救命啊!天蔚望着这几个来势汹汹,完全没办法躲,正准备闭眼被啃,突然觉得整个人一轻。一睁眼,天蔚却发现自己被殷侯抱了起来,不由得脸上一红,“呀,把我放下来!”这么多人,丢脸死了!
殷侯不理会他的抗议,一脸有趣地冲那几个小男孩道,“这可是我的小夫郎啊,你们怎么能亲呢?”在满堂客人的笑声里,几个偷香不成的小家伙,匆匆钻回自己娘亲那里,埋着头不肯出来,委屈不已,自己差一点点就能亲到了!
不知不觉到了晚间,俩人送走了最后几位客人,正式进入洞房花烛夜。不过一进到房里,天蔚闻着自己满身的酒味,有些受不了,便拉着殷侯去洗澡。幸好厨房里还剩下的热水,俩人便将浴桶搬到房内,隔着道花鸟屏风,在新房里舒舒服服地泡起澡来。
等天蔚在水里滚了好一会,穿好里衣出来,就见殷侯已经将床铺好,清扫着地上的五谷。天蔚轻手轻脚走上前,一拍殷侯的腰,调戏道,“小媳妇就是贤惠啊,知道为夫累了,早早铺好床啊。”说完直接朝着软软香香的大床扑倒,幸福滚了几圈,这一天把自己给累得不行啊。
没一会,天蔚发现蜡烛被熄灭了,翻过身来却感觉身上一重。温热的气息扑在自己脸上,耳边传来殷侯低沉的声音,“那我的小夫郎,希望我怎么服侍你呢?”
调戏的人倒是被弄得脸上有些发痒,咯咯笑出声。
压在身上的殷侯闭上眼,轻轻窝在天蔚的颈窝里,闻着他身上淡淡的皂角香。轻轻将唇贴上天蔚细嫩的脖子,一路滑上去,亲到下巴的时候身下人却是一僵。殷侯稍稍起身,“要停下来吗?”
黑暗里,很久都没有声音,好久,才听到天蔚的声音,“你也这样,亲过展昭的外婆吗?”自己甚至,连那个人的名字都不想提起,只怕殷侯又想起她。

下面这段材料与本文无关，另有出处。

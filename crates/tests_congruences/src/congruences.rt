//! What becomes of congruence classes. A class is written as its remainder and its modulus.

use ep_congruence::Congruence;
use ep_domain::Num;
use ep_int::{BinOp, IntType};
use std::test::Fail;
use tests_words::{Ends, class, comparison, ends, int_type, maybe_class, maybe_ends, operator};

// A remainder and a modulus, and whether there is such a class.
const MADE: &str = "\
0 1 some
0 0 some
5 0 some
-1 0 some
-9223372036854775808 0 some
-9223372036854775809 0 none
18446744073709551615 0 some
18446744073709551616 0 none
0 -1 none
5 -6 none
-1 4 none
4 4 none
3 4 some
0 36893488147419103231 some
36893488147419103230 36893488147419103231 some
0 36893488147419103232 none
18446744073709551615 36893488147419103231 some
18446744073709551616 36893488147419103231 none
27670116110564327422 36893488147419103231 none
27670116110564327423 36893488147419103231 some
18446744073709551616 18446744073709551617 some
18446744073709551616 27670116110564327424 some
18446744073709551616 27670116110564327425 none
0 85070591730234615865843651857942052864 none
85070591730234615865843651857942052864 0 none
0 170141183460469231731687303715884105727 none
-170141183460469231731687303715884105728 0 none
0 -170141183460469231731687303715884105728 none
";

// Two classes, their join, and the ranks of the first and of the join.
const JOINS: &str = "\
5%0 5%0 5%0 65 65
5%0 9%0 1%4 65 2
-1%0 18446744073709551615%0 18446744073709551615%18446744073709551616 65 64
-9223372036854775808%0 18446744073709551615%0 18446744073709551615%27670116110564327423 65 64
3%8 7%12 3%4 3 2
3%8 11%0 3%8 3 3
1%6 4%9 1%3 2 1
0%4 0%8 0%4 2 2
2%4 0%8 0%2 2 1
0%1 7%0 0%1 0 0
5%36893488147419103231 5%0 5%36893488147419103231 64 64
5%36893488147419103231 6%36893488147419103231 0%1 64 0
0%18446744073709551616 0%9223372036854775808 0%9223372036854775808 64 63
-9223372036854775808%0 0%1099511627776 0%1099511627776 65 40
7%10 7%10 7%10 3 3
";

// The operator, the type, two classes, the results, and the range that the fault shows.
const OPERATORS: &str = "\
+ i32 5%0 7%0 12%0 none
+ i32 2147483647%0 1%0 none 2147483648..2147483648
+ u32 4294967295%0 1%0 0%0 none
+ i32 1%6 2%9 0%3 -4294967296..4294967294
+ i32 3%0 2%8 5%8 -2147483645..2147483650
+ u32 1%6 2%9 0%1 none
+ u32 1%12 2%20 3%4 none
+ u32 0%3000000000 1%3000000000 1%512 none
+ u32 0%2147483648 1%2147483648 1%2147483648 none
+ u32 5%3000000000 7%0 12%3000000000 none
+ u8 0%100 10%100 2%4 none
+ u8 0%100 3%150 1%2 none
+ u64 1%9223372036854775808 1%9223372036854775808 2%9223372036854775808 none
+ u64 0%24 8%0 8%24 none
+ i64 1%9223372036854775808 1%9223372036854775808 2%9223372036854775808 -18446744073709551616..18446744073709551614
+ i8 300%1000 1%2 none none
+ i8 300%0 1%2 none none
+ i8 100%200 1%2 1%2 -256..254
+ i64 5%36893488147419103231 1%36893488147419103231 6%0 none
+ u64 9223372036854775808%36893488147419103231 1%36893488147419103231 9223372036854775809%0 none
+ i64 9223372036854775808%36893488147419103231 1%2 none none
+ i64 -9%0 5%10 6%10 -9223372036854775817..9223372036854775798
+ i64 3%1099511627776 5%2199023255552 8%1099511627776 -18446744073709551616..18446744073709551614
- i32 1%6 2%9 2%3 -4294967295..4294967295
- u32 9%12 0%0 9%12 none
- u32 9%12 10%0 3%4 none
- u8 250%0 0%100 50%100 none
- u8 250%0 51%100 3%4 none
- i64 -9223372036854775808%0 1%2 1%2 -18446744073709551615..0
- u64 5%6 0%0 5%6 none
* i64 1%6 2%9 2%3 -85070591730234615856620279821087277056..85070591730234615865843651857942052864
* i64 0%1 16%0 0%16 -147573952589676412928..147573952589676412912
* i64 3%8 -12%0 60%96 -110680464442257309684..110680464442257309696
* u32 3%8 12%0 4%32 none
* u32 0%1 12%0 0%4 none
* u8 1%50 2%0 2%4 none
* u8 1%100 3%0 3%4 none
* u64 0%1099511627776 0%1099511627776 0%18446744073709551616 none
* u64 0%4294967296 2147483648%4294967296 0%9223372036854775808 none
* u64 0%9223372036854775808 0%9223372036854775808 0%18446744073709551616 none
* u64 0%9223372036854775808 0%13835058055282163712 0%1 none
* i64 0%1099511627776 0%1099511627776 0%1 -85070591730234615856620279821087277056..85070591730234615865843651857942052864
* i64 3%9223372036854775808 5%9223372036854775808 15%9223372036854775808 -85070591730234615856620279821087277056..85070591730234615865843651857942052864
* i64 0%9223372036854775808 0%9223372036854775808 0%1 -85070591730234615856620279821087277056..85070591730234615865843651857942052864
* i64 0%4611686018427387904 0%2 0%9223372036854775808 -85070591730234615856620279821087277056..85070591730234615865843651857942052864
* i64 0%4611686018427387904 0%4 0%18446744073709551616 -85070591730234615856620279821087277056..85070591730234615865843651857942052864
* i64 0%4611686018427387904 0%8 0%1 -85070591730234615856620279821087277056..85070591730234615865843651857942052864
* i64 0%4611686018427387904 4%0 0%18446744073709551616 -36893488147419103232..36893488147419103228
* i64 0%4611686018427387904 8%0 0%8 -73786976294838206464..73786976294838206456
* i64 0%4611686018427387904 12%0 0%12 -110680464442257309696..110680464442257309684
* i64 1%4611686018427387904 12%0 0%12 -110680464442257309696..110680464442257309684
* i64 0%4611686018427387904 -12%0 0%12 -110680464442257309684..110680464442257309696
* u64 0%4611686018427387904 12%0 0%18446744073709551616 none
* u64 1%9223372036854775808 12%0 12%18446744073709551616 none
* u64 1%9223372036854775808 9223372036854775808%0 9223372036854775808%18446744073709551616 none
* i64 0%4611686018427387904 0%0 0%0 none
* i64 7%0 1%2305843009213693952 7%16140901064495857664 -64563604257983430656..64563604257983430649
* i64 1%2305843009213693952 1%2305843009213693952 1%2305843009213693952 -85070591730234615856620279821087277056..85070591730234615865843651857942052864
* i32 7%0 -6%0 -42%0 none
* i32 65536%0 65536%0 none 4294967296..4294967296
* u32 65537%0 65537%0 131073%0 none
* i64 0%1 9223372036854775807%0 0%9223372036854775807 -85070591730234615856620279821087277056..85070591730234615847396907784232501249
* u64 0%3 18446744073709551615%0 0%1 none
* i64 1%18446744073709551616 1%2 1%2 none
/ i32 -7%0 2%0 -3%0 none
/ i32 7%0 0%0 none 0..0
/ i32 -2147483648%0 -1%0 none -1..-1
/ i32 0%6 2%0 0%1 none
/ i32 0%6 0%4 0%1 -2147483648..2147483647
/ i32 6%0 1%4 0%1 -2147483648..2147483647
% i32 -7%0 2%0 -1%0 none
% i32 0%6 3%0 0%1 none
% u32 0%6 0%0 0%1 0..0
& i32 -4%0 7%0 4%0 none
& u32 0%8 7%0 0%1 none
| u32 8%0 7%0 15%0 none
| i32 0%8 1%0 0%1 none
^ u8 255%0 15%0 240%0 none
^ i32 0%8 0%8 0%1 none
<< i32 3%0 4%0 48%0 none
<< i32 3%0 32%0 none 32..32
<< i32 -3%0 1%0 none 1..1
<< u32 1%3 4%0 0%16 none
<< u32 0%1 4%0 0%16 none
<< i64 1%3 4%0 16%48 4..4
<< i64 0%1 62%0 0%4611686018427387904 62..62
<< u64 0%1 63%0 0%9223372036854775808 none
<< u64 1%2 0%0 1%2 none
<< u64 1%2 64%0 0%1 64..64
<< u64 1%2 -1%0 0%1 -1..-1
<< u64 4%0 0%2 0%1 -9223372036854775808..18446744073709551615
<< u8 0%32 3%0 0%256 none
<< u8 0%16 3%0 0%128 none
<< u64 1%9223372036854775808 63%0 9223372036854775808%18446744073709551616 none
<< i64 0%4611686018427387904 3%0 0%8 3..3
>> i32 -7%0 1%0 -4%0 none
>> u32 0%8 3%0 0%1 none
>> u32 7%0 33%0 none 33..33
";

// A class, a type, and what the class is converted to.
const CONVERSIONS: &str = "\
-1%0 u8 255%0
300%0 i8 44%0
18446744073709551615%0 i64 -1%0
5%6 u8 1%2
5%12 i32 1%4
100%1099511627776 u32 100%4294967296
1099511627876%2199023255552 u32 100%4294967296
3%18446744073709551616 i64 3%18446744073709551616
7%36893488147419103231 u64 0%1
7%300 i8 3%4
0%1 i16 0%1
2%3072 u8 2%256
";

// Two classes and their meet.
const MEETS: &str = "\
5%0 1%4 5%0
1%4 5%0 5%0
6%0 1%4 none
5%0 5%0 5%0
5%0 6%0 none
1%4 3%6 3%6
1%6 3%4 1%6
1%4 1%8 1%8
1%4 2%6 none
0%6 3%9 3%9
0%1 3%9 3%9
5%36893488147419103231 4%36893488147419103231 none
1%6 3%6 none
3%6 3%6 3%6
";

// The comparison, two classes, and what it leaves of them.
const COMPARISONS: &str = "\
== 5%0 1%4 5%0 5%0
== 6%0 1%4 none none
== 1%4 3%6 3%6 3%6
!= 5%0 5%0 none none
!= 5%0 6%0 5%0 6%0
!= 1%4 1%4 1%4 1%4
!= 5%0 1%4 5%0 1%4
< 5%0 6%0 5%0 6%0
< 6%0 6%0 none none
<= 6%0 6%0 6%0 6%0
<= 7%0 6%0 none none
> 6%0 6%0 none none
> 7%0 6%0 7%0 6%0
>= 5%0 6%0 none none
>= 6%0 6%0 6%0 6%0
< 1%4 0%0 1%4 0%0
== 5%0 6%0 none none
== 6%0 6%0 6%0 6%0
";

// A class, a range, the least and the greatest member there, and what is left of the class.
const CUTS: &str = "\
1%4 0..10 1..9 1%4
1%4 2..4 none none
1%4 2..5 5..5 5%0
1%4 6..8 none none
1%4 9..2 none none
5%0 0..10 5..5 5%0
5%0 6..10 none none
5%0 5..5 5..5 5%0
3%10 -20..-1 -17..-7 3%10
3%10 -7..-7 -7..-7 -7%0
0%8 -9223372036854775809..18446744073709551616 -9223372036854775808..18446744073709551608 0%8
5%36893488147419103231 -9223372036854775808..18446744073709551615 5..5 5%0
5%36893488147419103231 6..18446744073709551615 none none
36893488147419103230%36893488147419103231 -9223372036854775808..18446744073709551615 -1..-1 -1%0
7%18446744073709551616 -9223372036854775808..18446744073709551615 7..7 7%0
9223372036854775808%18446744073709551616 -9223372036854775808..18446744073709551615 -9223372036854775808..9223372036854775808 9223372036854775808%18446744073709551616
0%1 -3..3 -3..3 0%1
0%1 4..4 4..4 4%0
";

#[derive(Clone, Copy)]
struct Row {
    op: BinOp,
    t: IntType,
    x: Congruence,
    y: Congruence,
    value: Option<Congruence>,
    shown: Option<Ends>,
}

fn made(line: &str) -> Option<bool> {
    let mut words = line.split_whitespace();
    let remainder: i128 = words.next()?.parse().ok()?;
    let modulus: i128 = words.next()?.parse().ok()?;
    let parts = Congruence::of(remainder, modulus).map(|c| (c.remainder(), c.modulus()));
    if words.next()? == "some" {
        Some(parts == Some((remainder, modulus)))
    } else {
        Some(parts.is_none())
    }
}

#[test]
fn classes_are_made_of_the_table(rt: HostRuntime) {
    for line in MADE.lines() {
        assert_eq!(rt; made(line), Some(true), "{line}");
    }
}

fn joined(line: &str) -> Option<bool> {
    let mut words = line.split_whitespace();
    let x = class(words.next()?)?;
    let y = class(words.next()?)?;
    let both = class(words.next()?)?;
    let ranks: (u32, u32) = (words.next()?.parse().ok()?, words.next()?.parse().ok()?);
    let is_joined = x.join(&y) == both && x.widen(&y) == both;
    let is_inside = x.within(&both) && y.within(&both) && both.within(&x) == (both == x);
    Some(is_joined && is_inside && (x.rank(), both.rank()) == ranks)
}

#[test]
fn joins_give_the_table(rt: HostRuntime) {
    assert_eq!(rt; Congruence::HEIGHT, 65);
    for line in JOINS.lines() {
        assert_eq!(rt; joined(line), Some(true), "{line}");
    }
}

fn parsed(line: &str) -> Option<Row> {
    let mut words = line.split_whitespace();
    Some(Row {
        op: operator(words.next()?)?,
        t: int_type(words.next()?)?,
        x: class(words.next()?)?,
        y: class(words.next()?)?,
        value: maybe_class(words.next()?)?,
        shown: maybe_ends(words.next()?)?,
    })
}

#[test]
fn operators_give_the_table(rt: HostRuntime) -> Result<(), Fail> {
    let mut rows = 0u32;
    for line in OPERATORS.lines() {
        let row = parsed(line).ok_or(line)?;
        let outcome = Congruence::op(row.op, row.t, &row.x, &row.y);
        assert_eq!(rt; outcome.value, row.value, "{line}");
        assert_eq!(rt; outcome.fault, row.shown.is_some(), "{line}");
        assert_eq!(rt; outcome.shown, row.shown.unwrap_or((0, 0)), "{line}");
        rows = rows.wrapping_add(1);
    }
    assert_eq!(rt; rows, 98);
    Ok(())
}

fn converted(line: &str) -> Option<bool> {
    let mut words = line.split_whitespace();
    let x = class(words.next()?)?;
    let t = int_type(words.next()?)?;
    Some(x.convert(t) == class(words.next()?)?)
}

#[test]
fn conversions_give_the_table(rt: HostRuntime) {
    for line in CONVERSIONS.lines() {
        assert_eq!(rt; converted(line), Some(true), "{line}");
    }
}

fn met(line: &str) -> Option<bool> {
    let mut words = line.split_whitespace();
    let x = class(words.next()?)?;
    let y = class(words.next()?)?;
    Some(x.meet(&y) == maybe_class(words.next()?)?)
}

#[test]
fn meets_give_the_table(rt: HostRuntime) {
    for line in MEETS.lines() {
        assert_eq!(rt; met(line), Some(true), "{line}");
    }
}

fn compared(line: &str) -> Option<bool> {
    let mut words = line.split_whitespace();
    let c = comparison(words.next()?)?;
    let x = class(words.next()?)?;
    let y = class(words.next()?)?;
    let left = maybe_class(words.next()?)?;
    let right = maybe_class(words.next()?)?;
    Some(Congruence::filter(c, &x, &y) == left.zip(right))
}

#[test]
fn comparisons_give_the_table(rt: HostRuntime) {
    for line in COMPARISONS.lines() {
        assert_eq!(rt; compared(line), Some(true), "{line}");
    }
}

fn cut(line: &str) -> Option<bool> {
    let mut words = line.split_whitespace();
    let x = class(words.next()?)?;
    let (lo, hi) = ends(words.next()?)?;
    let has_edges = x.edges(lo, hi) == maybe_ends(words.next()?)?;
    Some(has_edges && x.cut(lo, hi) == maybe_class(words.next()?)?)
}

#[test]
fn cuts_give_the_table(rt: HostRuntime) {
    for line in CUTS.lines() {
        assert_eq!(rt; cut(line), Some(true), "{line}");
    }
}

#[test]
fn classes_hold_their_members(rt: HostRuntime) -> Result<(), Fail> {
    let x = class("3%8").ok_or("3%8")?;
    assert!(rt; x.holds(3) && x.holds(-5) && !x.holds(4) && !x.holds(1 << 64));
    assert_eq!(rt; x.range(), (-(1 << 63), (1 << 64) - 1));
    let one = Congruence::single(-7);
    assert!(rt; one.holds(-7) && !one.holds(7));
    assert_eq!(rt; one.range(), (-7, -7));
    let all = Congruence::top(IntType::U8);
    assert!(rt; all.holds(-1) && one.within(&all) && !all.within(&one));
    Ok(())
}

静静等着殷侯的回答,天蔚紧紧抓住身下的床单,咬紧了嘴唇。
明知道他们已经离开了从前,却还是会时时记起,这个人曾经不属于自己。哪怕他变得多么年老,心还是一如既往的幼稚,他需要一个完整的,只属于自己的人。可是如果做不到,那他就会亲自将伤口一次次揭起,提醒自己那些不完整。
天蔚不是不知道殷侯尽力在对自己好,但是这些他忘不掉。他不明白这是对从前的补偿,还是对自己的心甘情愿。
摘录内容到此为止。